Some of his followers, though, took this alternative route in the early 20th century. For example, Arden, Delaware was formed as a “single tax colony” and continues to the present day as a town in which homeowners have title to their houses while the town’s land trust has title to the land under the houses for which the homeowners pay rent. The town, which was formed on land purchased by wealthy donors, uses the collected land rent to fund the town’s services and to pay the homeowners’ school and county property taxes. None of the collected land rent is used for further land acquisition. 

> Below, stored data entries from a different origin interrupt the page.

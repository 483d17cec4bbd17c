// The steps of the forward pass.
ghost use Rattle.std.specs.Prelude.{◌≡◌, min, ℕ, ◌+◌, ◌-◌, ◌*◌, ◌/◌, ◌^◌, ◌<◌, ◌≤◌, take, length, slice_index, if◌then◌else◌};
ghost use Rattle.tm_conv.specs.Path.{step_size, steps_size, farthest_step, registers};
ghost use Rattle.tm_conv.specs.Cost.{most_branch_metric};
ghost use Rattle.tm_viterbi.specs.Totals.{StepsTo, AreAtMost, most_spread, most_narrow, narrow_bound};
ghost use Rattle.tm_viterbi.specs.Carries.{Carries};

use crate::branch_metrics::{step_metrics, wide_metrics};
use crate::lanes::lane_column;
use crate::narrow_steps::narrow_at;
use crate::narrow_sums::{are_close, halves_of, least_sum, less_least, with_least};
use tm_conv::{Rate, step_len};

// For how many steps path metrics go in sixteen bits at most.
pub(crate) const MOST_NARROW: usize = 120;

// One step in thirty-two bits. No path metric is above `most` before it: what only the proof needs.
pub(crate) fn step(
    rate: Rate,
    invert: bool,
    t: u64,
    octets: &[u8],
    sums: &mut [u32; 64],
    most: u32,
) -> u64
    requires size { length octets.now ≡ step_size rate t }
    requires most { most + most_branch_metric < 2 ^ 32 }
    requires bounded { AreAtMost most sums.old }
    ensures steps { StepsTo rate invert t octets.now sums.old sums.new result }
    ensures bounded { AreAtMost (most + most_branch_metric) sums.new }
{
    let metrics = wide_metrics(step_metrics(rate, invert, t, octets));
    let mut next = [0u32; 64];
    let survivor = lane_column(sums, &metrics, &mut next);
    *sums = next;
    survivor
}

// At most 120 steps in sixteen bits: metrics that are at most 4,096 above the least, and grow by at most 510 a step,
// are then at most 65,296. Returns how many octets the steps took.
fn narrow_block(
    rate: Rate,
    invert: bool,
    t: u64,
    soft: &[u8],
    sums: &mut [u32; 64],
    least: u32,
    survivors: &mut [u64],
) -> usize
    requires size { steps_size rate t (length survivors.old) ≤ length soft.now }
    requires few { length survivors.old ≤ most_narrow }
    requires first { t + length survivors.old < narrow_bound }
    requires room { least + 2 ^ 16 < 2 ^ 32 }
    requires least { (s : ℕ) → s < registers → least ≤ slice_index sums.old s }
    requires close { (s : ℕ) → s < registers → slice_index sums.old s ≤ least + most_spread }
    ensures taken { result ≡ steps_size rate t (length survivors.new) }
    ensures carries { Carries rate invert t (take result soft.now) sums.old sums.new survivors.new }
    ensures bounded { (m : ℕ) → AreAtMost m sums.old
        → AreAtMost (m + most_branch_metric * length survivors.new) sums.new }
{
    let narrow = less_least(sums, least);
    let (first_low, first_high) = halves_of(&narrow);
    let (low, high, taken) = narrow_at(rate, invert, t, soft, first_low, first_high, survivors);
    *sums = with_least(low, high, least);
    taken
}

// One step in thirty-two bits. Returns how many octets it took.
fn wide_step(
    rate: Rate,
    invert: bool,
    t: u64,
    soft: &[u8],
    sums: &mut [u32; 64],
    survivors: &mut [u64],
    most: u32,
) -> usize
    requires one { length survivors.old ≡ 1 }
    requires size { steps_size rate t 1 ≤ length soft.now }
    requires most { most + most_branch_metric < 2 ^ 32 }
    requires bounded { AreAtMost most sums.old }
    ensures taken { result ≡ steps_size rate t (length survivors.new) }
    ensures carries { Carries rate invert t (take result soft.now) sums.old sums.new survivors.new }
    ensures bounded { AreAtMost (most + most_branch_metric) sums.new }
{
    let end = step_len(rate, t);
    survivors[0] = step(rate, invert, t, &soft[..end], sums, most);
    end
}

// Some steps of the forward pass: those from path metrics that lie close together go in sixteen bits, 120 at a time.
// No path metric is above `most` before them: what only the proof needs.
pub(crate) fn run(
    rate: Rate,
    invert: bool,
    t: u64,
    soft: &[u8],
    sums: &mut [u32; 64],
    survivors: &mut [u64],
    most: u32,
)
    requires size { length soft.now ≡ steps_size rate t (length survivors.old) }
    requires first { t < farthest_step }
    requires room { most + most_branch_metric * length survivors.old + 2 ^ 16 < 2 ^ 32 }
    requires bounded { AreAtMost most sums.old }
    ensures bounded { AreAtMost (most + most_branch_metric * length survivors.new) sums.new }
    ensures carries { Carries rate invert t soft.now sums.old sums.new survivors.new }
{
    let mut done = 0usize;
    let mut at = 0usize;
    while done < survivors.len() {
        let now = t + done as u64;
        let least = least_sum(sums);
        if are_close(sums, least) {
            let end = (survivors.len() - done).min(MOST_NARROW) + done;
            at += narrow_block(
                rate,
                invert,
                now,
                &soft[at..],
                sums,
                least,
                &mut survivors[done..end],
            );
            done = end;
        } else {
            let now_most = most + 510 * done as u32;
            at += wide_step(
                rate,
                invert,
                now,
                &soft[at..],
                sums,
                &mut survivors[done..done + 1],
                now_most,
            );
            done += 1;
        }
    }
}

In recent decades, there has been a proliferation of a different kind of land trust called a Community Land Trust (CLT), which is used primarily to increase housing affordability by eliminating a down payment requirement and limiting how much CLT homes can be sold for. In a CLT a homeowner finances and has title to the house portion of a property while title to the underlying land is held by the CLT, which is usually a non-profit organization. But a CLT homeowner pays much less land rent (usually about $30 per month) than does an Arden homeowner and, unlike an Arden homeowner, is responsible for paying the home’s property taxes. When CLT homeowners sell their homes, they split any gain with the CLT, a feature that is absent from the Arden approach. Land acquisition by CLTs is usually done with funds obtained from foundations. 

Two years ago, RSF formed a Land Trust Working Group (LTWG) to explore areas of interest such as: 

  • Whether more land trusts could include a variety of property values, which would permit the collection of higher amounts of land rent than land trusts that include only properties of below average value. This may require land trusts to be public entities because non-profit land trusts have to be primarily for a charitable purpose. 
  • Whether more land trusts could collect full land rent and use the collected rent to pay for further land acquisitions (which may allow land trusts to expand virally) and/or for common purposes such as public investments (e.g. light rail stations) and basic incomes.